Question

On rainy days, Izzy goes from his house to the school by running 1.2 miles on West St, then makes a 90º turn and runs 0.5 miles on North Ave.

a. If Izzy runs 7.5 miles per hour, approximately how much time will it take her to run to school on rainy days?

b. On dry days, Izzy runs on the dashed path through the woods. How far is she traveling?

c. If Izzy runs 7.5 miles per hour, how much time will she save by cutting through the woods?

Answer 1

a) It will take Izzy 0.226 hours = 13.6 minutes = 13 minutes 36 seconds to run to school on dashed days.

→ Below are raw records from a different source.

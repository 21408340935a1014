//! The types of the log's server, and its resolvers.

ghost use Rattle.std.specs.Prelude.{Some, codes};
ghost use Rattle.juniper_registry.specs.DeclaredTypes.{type_named};
ghost use Rattle.juniper_refusal_tests.specs.Logs.{after_step, mutation_declaration, query_declaration, query_reply, step_reply, torn};

use crate::log::{Log, resolve, take_step};
use juniper::{
    Arguments, Executor, GraphQLMutationValue, GraphQLReference, GraphQLType, GraphQLValue, ID,
    MetaType, Registry, ResolveError, Resolved, ScalarValue, Type,
};
use std::alloc::{AllocError, Global};

/// `type Query { id: ID!, memory: Int }`.
#[derive(Debug, Drop)]
pub struct LogQuery {
    /// What stands for the root.
    pub root: (),
}

impl<S: ScalarValue> GraphQLReference<S> for LogQuery {
    type TypeInfo = ();

    ghost named = { λ _. Some (codes "Query") };

    ghost reference = { λ _. type_named (codes "Query") };

    fn name(_info: &()) -> Option<&str> {
        Some("Query")
    }

    fn type_in(
        _alloc: Global,
        _info: &(),
        registry: &mut Registry<S>,
    ) -> Result<Type<String>, AllocError> {
        registry.named_type("Query")
    }
}

impl<S: ScalarValue> GraphQLType<S> for LogQuery {
    ghost declaration = { λ _. query_declaration };

    fn meta(
        _alloc: Global,
        _info: &(),
        registry: &mut Registry<S>,
    ) -> Result<MetaType<S>, AllocError> {
        let fields = [
            registry.field::<ID>("id", &())?,
            registry.field::<Option<i32>>("memory", &())?,
        ];
        registry.object_type("Query", fields)
    }

    ghost keeps_name = { λ _ _ e. e };
}

impl<S: ScalarValue> GraphQLValue<S> for LogQuery {
    type Context = Log;

    type Node = ();

    ghost concrete = { λ _ _ _ _. codes "Query" };

    ghost answer = { λ _ _ _ _ field _. query_reply field };

    ghost root = { λ query. query.root };

    fn type_name<'i>(&self, _info: &'i ()) -> Option<&'i str> {
        Some("Query")
    }

    fn root_node(&self) -> &() {
        &self.root
    }

    fn concrete_type_name<'r>(
        &'r self,
        _context: &'r Log,
        _info: &'r (),
        _node: &'r (),
    ) -> &'r str {
        "Query"
    }

    fn resolve_field(
        &self,
        alloc: Global,
        _info: &(),
        _node: &(),
        field_name: &str,
        _arguments: &Arguments<'_, S>,
        _executor: &Executor<Log, S>,
    ) -> Result<Resolved<(), S>, ResolveError<S>> {
        resolve(alloc, field_name)
    }
}

/// `type Mutation { note: Int!, lost: Int }`.
#[derive(Debug, Drop)]
pub struct LogMutation;

impl<S: ScalarValue> GraphQLReference<S> for LogMutation {
    type TypeInfo = ();

    ghost named = { λ _. Some (codes "Mutation") };

    ghost reference = { λ _. type_named (codes "Mutation") };

    fn name(_info: &()) -> Option<&str> {
        Some("Mutation")
    }

    fn type_in(
        _alloc: Global,
        _info: &(),
        registry: &mut Registry<S>,
    ) -> Result<Type<String>, AllocError> {
        registry.named_type("Mutation")
    }
}

impl<S: ScalarValue> GraphQLType<S> for LogMutation {
    ghost declaration = { λ _. mutation_declaration };

    fn meta(
        _alloc: Global,
        _info: &(),
        registry: &mut Registry<S>,
    ) -> Result<MetaType<S>, AllocError> {
        let fields = [
            registry.field::<i32>("note", &())?,
            registry.field::<Option<i32>>("lost", &())?,
        ];
        registry.object_type("Mutation", fields)
    }

    ghost keeps_name = { λ _ _ e. e };
}

impl<S: ScalarValue> GraphQLMutationValue<S> for LogMutation {
    type Context = Log;

    type Node = ();

    ghost step = { λ _ _ log field _. (after_step log field, step_reply field) };

    ghost torn = { λ _ _ log _ _. torn log };

    fn resolve_root(
        &self,
        alloc: Global,
        _info: &(),
        field_name: &str,
        _arguments: &Arguments<'_, S>,
        _executor: &Executor<(), S>,
        context: &mut Log,
    ) -> Result<Resolved<(), S>, ResolveError<S>> {
        take_step(alloc, field_name, context)
    }
}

b) Izzy runs 1.30 miles on dry days.

c) Izzy saves 3 minutes and 12 seconds cutting through the woods.

Explanation:

This problem can be solved by a simpe rule of three problem.

a) On rainy days, she runs 1.2 + 0.5 = 1.7 miles.

The problem states that for rainy days, she runs 7.5 miles per hour. We know that in a hour, Izzy will run 7.5 miles. We want to know how long it takes for her to run 1.7 miles. So

1 hour - 7.5 miles

x hours - 1.7 miles

7.5x = 1.7

`x = (1.7)/(7.5)`

x = 0.226 hours

It will take Izzy 0.226 hours = 13.6 minutes = 13 minutes 36 seconds to run to school on dashed days.

b) Now we have a right triangle, where the sides are the 1.2 miles and the 0.5miles, and the path through the woods x is the hypotenuse.

So, we apply the pythagorean theorem.

`x^(2) = (1.2)^(2) + (0.5)^(2)`

`x^(2) = 1.44 + 0.25`

`x^(2) = 1.69`

`x = 1.30`

So, Izzy runs 1.30 miles on dry days.

c) The first step for this question is knowing how long it takes for Izzy to run 1.30 miles at 7.50 miles a hour. So:

1 hour - 7.50 miles

x hours = 1.30 miles

7.50x = 1.30

`x = (1.3)/(7.5)`

x = 0.173 hours

So, it takes Izzy 0.173 hours = 10.4 minutes = 10 minutes 24 seconds to run through the woods.

13' 36''

-10' 24''

3' 12''

Izzy saves 3 minutes and 12 seconds cutting through the woods.